Hobby Lobby case: Discrimination in guise of freedom

In a case with far-reaching implications, the U.S. Supreme Court heard arguments this week in a challenge to the requirement in the Affordable Care Act (ACA) that health insurance plans cover contraceptive care. The case also has the potential to redefine the scope of religious rights and create sweeping exemptions for businesses from a wide range of laws.

Not only do patients stand to lose, the general public served by other for-profit businesses also could be negatively impacted.

The ACA’s contraceptive coverage benefit has been in effect since Aug. 1, 2012; nationally, it covers more than 27 million women who are now able to get birth control with no out-of-pocket expense. In Washington, 638,000 women already have coverage for birth control thanks to this benefit, and this number is increasing as the law is implemented.

But in this case, for-profit corporations are challenging the benefit, claiming that they have a religious right to refuse to comply. Hobby Lobby, a national chain of crafts stores, and Conestoga Wood, a cabinet manufacturing company, claim that because their owners have religious views opposed to contraceptive coverage, these views “pass through” to the corporation and thus give it a license to discriminate against women by denying coverage.

Make no mistake: These are radical claims. The plaintiffs assert that they, as companies, rather than as individuals, have First Amendment rights to religious free exercise. Further, they claim that these rights enable them to refuse to comply with a law they disagree with based on those religious convictions.

Hobby Lobby’s claims are part of a troubling trend to cloak discrimination in the banner of religious freedom. This year, other states (Arizona, most notoriously) saw bills seeking to expand businesses’ rights to discriminate using the guise of religious freedom.

On their face, these bills can seem innocuous.

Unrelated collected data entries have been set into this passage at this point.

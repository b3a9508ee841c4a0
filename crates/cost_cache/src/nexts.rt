//! The next link of the chosen segment of each node.
ghost use Rattle.std.specs.Prelude.{◌≡◌, ◌<◌, length, IfOk, MatchOption, Some, slice_get};
ghost use Rattle.te_links.specs.Rows.{IsTopology, IsInOrder};
ghost use Rattle.te_links.specs.Index.{LinkBeginsAt};
ghost use Rattle.walk_laws.specs.Walks.{AdmitsNode};
ghost use Rattle.path_search.specs.Search.{AreLabels};
ghost use Rattle.path_search.specs.Segments.{AreOpen, IsLoose};
ghost use Rattle.cost_cache.specs.Entries.{AreNexts};
ghost use Rattle.cost_cache.specs.Hops.{AreEnds, IsTightNext, IsFirstNext, IsNextAt};

use crate::ends::ends_of;
use crate::kept::Next;
use dom_base::{Addr, Label, NoMemory, Query, Seed};
use path_constraints::{Prepared, weight};
use path_search::Labels;
use std::alloc::Global;
use te_links::Links;

// Where a link from a node leads, if it is tight: its weight and the label of its end make up the
// node's label. Most links are ruled out by the label of their end alone.
fn tight_next<'a, G: Links<'a>>(
    links: &mut G,
    prepared: &Prepared<'_>,
    labels: &Labels,
    place: u32,
    _node: Addr,
    label: &Label,
    index: u32,
) -> Option<Next>
    requires rules { IsTopology (G.rows links.old) }
    requires labels { AreOpen (G.rows links.old) prepared.now labels.now }
    requires node { AdmitsNode (G.rows links.old) prepared.now _node }
    requires place { slice_get (G.rows links.old).nodes place ≡ Some _node }
    requires begins { LinkBeginsAt (G.rows links.old).nodes (G.rows links.old).links place index }
    ensures next { MatchOption result (IsLoose (G.rows links.old) prepared.now labels.now _node label.now index) (IsTightNext (G.rows links.old) prepared.now labels.now _node label.now index) }
    ensures same { G.rows links.new ≡ G.rows links.old }
{
    let query = prepared.query();
    let (link, head) = links.link_with_head(index);
    let Some(rest) = labels.at(head) else {
        return None;
    };
    let whole = label.cost.get();
    let part = rest.cost.get();
    if part < whole
        && rest.exit == label.exit
        && whole - part == weight(link, query.metric)
        && prepared.allows(link)
    {
        Some(Next {
            far: link.far,
            end: head,
        })
    } else {
        None
    }
}

// The first tight link from the node at a place.
fn first_next<'a, G: Links<'a>>(
    links: &mut G,
    prepared: &Prepared<'_>,
    labels: &Labels,
    place: u32,
    node: Addr,
    label: &Label,
) -> Option<Next>
    requires labels { AreOpen (G.rows links.old) prepared.now labels.now }
    requires node { AdmitsNode (G.rows links.old) prepared.now node }
    requires place { slice_get (G.rows links.old).nodes place ≡ Some node }
    ensures next { IsFirstNext (G.rows links.old) prepared.now labels.now node label.now result }
    ensures same { G.rows links.new ≡ G.rows links.old }
    ensures order { IsInOrder (G.rows links.old) }
{
    let leaving = links.links_from(place);
    for index in leaving {
        if let Some(next) = tight_next(links, prepared, labels, place, node, label, *index) {
            return Some(next);
        }
    }
    None
}

// The next link of the node at a place, if it has a label and its segment goes on.
fn next_of<'a, G: Links<'a>>(
    links: &mut G,
    prepared: &Prepared<'_>,
    _seeds: &[Seed],
    labels: &Labels,
    ends: &[bool],
    place: u32,
) -> Option<Next>
    requires labels { AreLabels (G.rows links.old) prepared.now _seeds.now labels.now }
    requires ends { AreEnds (G.rows links.old) _seeds.now labels.now ends.now }
    requires place { place < length (G.rows links.old).nodes }
    ensures next { IsNextAt (G.rows links.old) prepared.now _seeds.now labels.now place result }
    ensures same { G.rows links.new ≡ G.rows links.old }
{
    if ends[place as usize] {
        return None;
    }
    let Some(label) = labels.at(place) else {
        return None;
    };
    let node = links.node_at(place);
    first_next(links, prepared, labels, place, node, &label)
}

/// The next link of the chosen segment of each node with a label: of the links from the node, each
/// is read at most once.
pub(crate) fn nexts_of<'a, G: Links<'a>>(
    alloc: Global,
    links: &mut G,
    query: &Query,
    seeds: &[Seed],
    labels: &Labels,
) -> Result<Vec<Option<Next>>, NoMemory>
    requires labels { AreLabels (G.rows links.old) query.now seeds.now labels.now }
    ensures nexts { IfOk result (λ nexts. AreNexts (G.rows links.old) query.now seeds.now labels.now nexts.items) }
    ensures same { G.rows links.new ≡ G.rows links.old }
{
    let ends = ends_of(alloc, links, seeds, labels)?;
    let prepared = Prepared::of(alloc, query)?;
    let mut nexts = Vec::new(alloc);
    for place in 0..links.node_count() {
        nexts.push(next_of(links, &prepared, seeds, labels, &ends, place))?;
    }
    Ok(nexts)
}
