//! Whether the parts of two keys are the same.
ghost use Rattle.std.specs.Prelude.{◌≡◌};
ghost use Rattle.std.specs.Cmp.Lexicographic.{pointwise};
ghost use Rattle.cost_cache.specs.Keys.{same_metric, same_excluded, same_exclusion, same_numbers, same_query, same_target, same_down};

use border_costs::{Down, Target};
use dom_base::{Excluded, Exclusion, Metric, Query};

fn equal_metrics(a: Metric, b: Metric) -> bool
    ensures { result ≡ same_metric a b }
{
    matches!(
        (a, b),
        (Metric::Igp, Metric::Igp) | (Metric::Te, Metric::Te) | (Metric::Hops, Metric::Hops)
    )
}

fn equal_excluded(a: &Excluded, b: &Excluded) -> bool
    ensures { result ≡ same_excluded a.now b.now }
{
    match (a, b) {
        (
            Excluded::Prefix {
                addr,
                length,
                attribute,
            },
            Excluded::Prefix {
                addr: other_addr,
                length: other_length,
                attribute: other_attribute,
            },
        ) => addr == other_addr && length == other_length && attribute == other_attribute,
        (Excluded::AsNumber(number), Excluded::AsNumber(other)) => number == other,
        (Excluded::Srlg(number), Excluded::Srlg(other)) => number == other,
        (
            Excluded::Other { kind, body },
            Excluded::Other {
                kind: other_kind,
                body: other_body,
            },
        ) => kind == other_kind && body.as_slice() == other_body.as_slice(),
        _ => false,
    }
}

fn equal_exclusion(a: &Exclusion, b: &Exclusion) -> bool
    ensures { result ≡ same_exclusion a.now b.now }
{
    a.avoid == b.avoid && equal_excluded(&a.what, &b.what)
}

fn equal_exclusions(a: &[Exclusion], b: &[Exclusion]) -> bool
    ensures { result ≡ pointwise same_exclusion a.now b.now }
{
    match (a, b) {
        ([], []) => true,
        ([first, rest @ ..], [other, others @ ..]) => {
            equal_exclusion(first, other) && equal_exclusions(rest, others)
        }
        _ => false,
    }
}

fn equal_numbers(a: &Query, b: &Query) -> bool
    ensures { result ≡ same_numbers a.now b.now }
{
    a.own == b.own
        && a.cap == b.cap
        && a.bandwidth == b.bandwidth
        && a.exclude_any == b.exclude_any
        && a.include_any == b.include_any
        && a.include_all == b.include_all
}

pub(crate) fn equal_queries(a: &Query, b: &Query) -> bool
    ensures { result ≡ same_query a.now b.now }
{
    equal_numbers(a, b)
        && equal_metrics(a.metric, b.metric)
        && equal_exclusions(a.exclusions.as_slice(), b.exclusions.as_slice())
}

pub(crate) fn equal_targets(a: Target, b: Target) -> bool
    ensures { result ≡ same_target a b }
{
    match (a, b) {
        (Target::Node(node), Target::Node(other)) => node == other,
        (Target::Next(next), Target::Next(other)) => next == other,
        _ => false,
    }
}

pub(crate) fn equal_downs(a: &[Down], b: &[Down]) -> bool
    ensures { result ≡ pointwise same_down a.now b.now }
{
    a == b
}
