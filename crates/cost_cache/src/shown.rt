//! The chosen segment of a node, from what is kept.
ghost use Rattle.std.specs.Prelude.{◌≡◌, IfOk, Some, slice_get};
ghost use Rattle.te_links.specs.Rows.{IsTopology};
ghost use Rattle.dom_base.specs.declared.query.Label.{Label};
ghost use Rattle.path_search.specs.Arcs.{label_at};
ghost use Rattle.cost_cache.specs.Entries.{IsKept};
ghost use Rattle.cost_cache.specs.Keys.{key_of};
ghost use Rattle.cost_cache.specs.Shown.{IsShown};

use crate::kept::Kept;
use border_costs::Ask;
use dom_base::{Addr, NoMemory};
use std::alloc::Global;
use te_links::Links;

/// The open form of the chosen segment from an entry with a label: its address, and then the far
/// address of each link. No link is read.
pub(crate) fn shown_from<'a, G: Links<'a>>(
    alloc: Global,
    _ask: &Ask,
    _links: &G,
    kept: &Kept,
    entry: Addr,
    from: u32,
) -> Result<Vec<Addr>, NoMemory>
    requires rules { IsTopology (G.rows _links.now) }
    requires kept { IsKept (G.rows _links.now) (key_of _ask.now) kept.now }
    requires from { slice_get (G.rows _links.now).nodes from ≡ Some entry }
    requires label { (a : Label) × (label_at kept.now.labels from ≡ Some a) }
    ensures { IfOk result (λ shown. IsShown (G.rows _links.now) _ask.now.query kept.now entry from shown.items) }
{
    let nexts = kept.nexts.as_slice();
    let mut shown = Vec::new(alloc);
    shown.push(entry)?;
    let mut place = from;
    while let Some(next) = nexts[place as usize] {
        shown.push(next.far)?;
        place = next.end;
    }
    Ok(shown)
}
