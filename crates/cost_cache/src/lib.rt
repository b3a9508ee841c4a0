//! A cache of solved rows: the labels of all nodes over an ask, kept so that further asks over the same
//! exits are answered without reading a link.
#![tactic(auto)]

mod answer;
mod best;
mod cache;
mod compare;
mod ends;
mod kept;
mod key;
mod nexts;
mod shown;

pub use cache::Cache;
pub use kept::{Kept, Next};
pub use key::Key;
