//! The cache.
ghost use Rattle.std.specs.Prelude.{◌≡◌, ◌≤◌, [], IfOk, OnOk, OnErr};
ghost use Rattle.border_costs.specs.Solutions.{AreRows};
ghost use Rattle.lru.specs.LruCache.{lru_cache};
ghost use Rattle.cost_cache.specs.Keys.{key_of};
ghost use Rattle.cost_cache.specs.Entries.{Has, IsGood, IsGoodEverywhere, KeepsOthers, IsAfter};

use crate::answer::{answer, keep};
use crate::kept::Kept;
use crate::key::Key;
use border_costs::{Answer, Ask};
use dom_base::NoMemory;
use lru::LruCache;
use std::alloc::Global;
use std::marker::Model;
use std::num::NonZeroUsize;
use te_links::Links;

/// Solved rows, kept under the element, generation, query, target and downstream rows of their
/// asks. The entry that was used longest ago goes first.
pub struct Cache {
    alloc: Global,
    entries: LruCache<Key, Kept>,
}

// Written, so that it is proved once: a derived one is proved anew in each crate that drops a value.
impl Drop for Cache {
    fn drop(self) {
        let Cache {
            alloc: _,
            entries: _,
        } = self;
    }
}

impl Model for Cache {
    ghost use Rattle.cost_cache.specs.Entries.{Entries};

    ghost Value = { Entries };

    ghost view = { λ c. c.entries };
}

impl Cache {
    /// An empty cache with room for so many entries. It is good for every element, generation and
    /// topology.
    pub fn new(alloc: Global, capacity: usize) -> Result<Cache, NoMemory>
        requires { 1 ≤ capacity }
        ensures empty { IfOk result (λ cache. cache ≡ lru_cache [] capacity) }
        ensures good { IfOk result IsGoodEverywhere }
    {
        let Some(capacity) = NonZeroUsize::new(capacity) else {
            unreachable!()
        };
        Ok(Cache {
            alloc,
            entries: LruCache::new(alloc, capacity)?,
        })
    }

    /// The rows of an ask over the topology of `links`, as `solve_rows` gives them. Where the cache
    /// has the key of the ask it reads no link; the entries and the source may be others than those
    /// of the ask under which the key was solved.
    pub fn solve<'a, G: Links<'a>>(&mut self, ask: &Ask, links: &mut G) -> Result<Answer, NoMemory>
        requires good { IsGood ask.now.at ask.now.generation (G.rows links.old) self.old }
        ensures rows { IfOk result (AreRows (G.rows links.old) ask.now) }
        ensures same { G.rows links.new ≡ G.rows links.old }
        ensures hit { Has self.old (key_of ask.now) → G.reads links.new ≡ G.reads links.old }
        ensures has { OnOk result (Has self.new (key_of ask.now)) }
        ensures others { OnOk result (IsAfter self.old (key_of ask.now) self.new) }
        ensures before { OnErr result (self.new ≡ self.old) }
        ensures good { IsGood ask.now.at ask.now.generation (G.rows links.old) self.new }
        ensures elsewhere { KeepsOthers (key_of ask.now) self.old self.new }
    {
        let key = Key::of(self.alloc, ask)?;
        if let Some(kept) = self.entries.peek(&key) {
            let rows = answer(self.alloc, ask, links, kept)?;
            self.entries.promote(&key);
            return Ok(rows);
        }
        let kept = keep(self.alloc, ask, links)?;
        let rows = answer(self.alloc, ask, links, &kept)?;
        self.entries.put(key, kept)?;
        Ok(rows)
    }
}
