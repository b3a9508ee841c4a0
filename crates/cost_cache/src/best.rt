//! The best way from each entry, from what is kept.
ghost use Rattle.std.specs.Prelude.{IfOk, MatchOption};
ghost use Rattle.te_links.specs.Rows.{IsTopology};
ghost use Rattle.border_costs.specs.Asks.{HasNoPair};
ghost use Rattle.border_costs.specs.Solutions.{IsBest, AreBest};
ghost use Rattle.cost_cache.specs.Entries.{IsKept};
ghost use Rattle.cost_cache.specs.Keys.{key_of};
ghost use Rattle.cost_cache.specs.Shown.{OverSeeds};

use crate::kept::Kept;
use crate::shown::shown_from;
use border_costs::{Ask, Target, head_of};
use dom_base::{Addr, List, NoMemory};
use std::alloc::Global;
use te_links::Links;
use vspt_tree::Best;

// The best way from an entry, if there is one.
fn best_of<'a, G: Links<'a>>(
    alloc: Global,
    ask: &Ask,
    links: &G,
    kept: &Kept,
    entry: Addr,
) -> Result<Option<Best>, NoMemory>
    requires rules { IsTopology (G.rows links.now) }
    requires kept { IsKept (G.rows links.now) (key_of ask.now) kept.now }
    ensures { IfOk result (λ best. OverSeeds (G.rows links.now) ask.now kept.now (λ seeds. MatchOption best (HasNoPair (G.rows links.now) ask.now entry) (IsBest (G.rows links.now) ask.now seeds entry))) }
{
    let Some(from) = links.find_node(entry) else {
        return Ok(None);
    };
    let Some(label) = kept.labels.at(from) else {
        return Ok(None);
    };
    let head = match ask.target {
        Target::Node(_target) => None,
        Target::Next(_next) => head_of(links, label.exit),
    };
    let shown = shown_from(alloc, ask, links, kept, entry, from)?;
    Ok(Some(Best {
        entry,
        cost: label.cost,
        exit: label.exit,
        head,
        segment: List::from_vec(shown),
    }))
}

/// The best way from each entry of the ask that has one, in their order. No link is read.
pub(crate) fn best_rows<'a, G: Links<'a>>(
    alloc: Global,
    ask: &Ask,
    links: &G,
    kept: &Kept,
) -> Result<Vec<Best>, NoMemory>
    requires rules { IsTopology (G.rows links.now) }
    requires kept { IsKept (G.rows links.now) (key_of ask.now) kept.now }
    ensures { IfOk result (λ rows. OverSeeds (G.rows links.now) ask.now kept.now (λ seeds. AreBest (G.rows links.now) ask.now seeds ask.now.entries rows.items)) }
{
    let mut rows = Vec::new(alloc);
    for entry in ask.entries.as_slice() {
        if let Some(best) = best_of(alloc, ask, links, kept, *entry)? {
            rows.push(best)?;
        }
    }
    Ok(rows)
}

The Arizona bill, for example, didn’t say “businesses have the right to discriminate.” Rather, it redefined the “persons” entitled to religious freedom protection under state law to include non-human “persons” such as corporations and other business entities. If these bills were to be enacted, a doctor could deny medical care to a sexual minority simply based on “sincerely held religious beliefs or exercise of religion.”

This is nothing more than discrimination, hiding under the sheep’s clothing of religion.

A federal court has already ruled in a case from Washington state currently pending before the U.S. Court of Appeals for the Ninth Circuit that a pharmacy has free exercise rights. In Stormans v. Selecky, an Olympia pharmacy (Ralph’s Thriftway), and individual pharmacists challenged a state pharmacy board rule that requires pharmacies to provide legally prescribed medications, regardless of any individual pharmacist’s religious or moral objection.

A Ninth Circuit decision agreeing with the trial court could potentially open the door to similar claims by other businesses that they should be exempt from certain laws, or worse, that the laws are wholly unconstitutional.

Religion should not be a license to discriminate, nor a license to avoid complying with otherwise neutral laws that apply to everyone equally. A boss’s religious belief should not trump a woman’s access to the health care she needs. The beliefs of a company’s owner should not entitle the company to refuse service based on discriminatory views.

In the noisy din of cries for religious freedom, let’s not forget those other cherished American ideals of equality, freedom from discrimination, and justice for all.

Lisa M. Stone is the executive director and Janet Chung is legal and legislative counsel for Legal Voice, a nonprofit that advocates for legal rights of women and girls in the Northwest. Along with the State of Washington, Legal Voice is defending the pharmacy rule at issue in Stormans v. Selecky.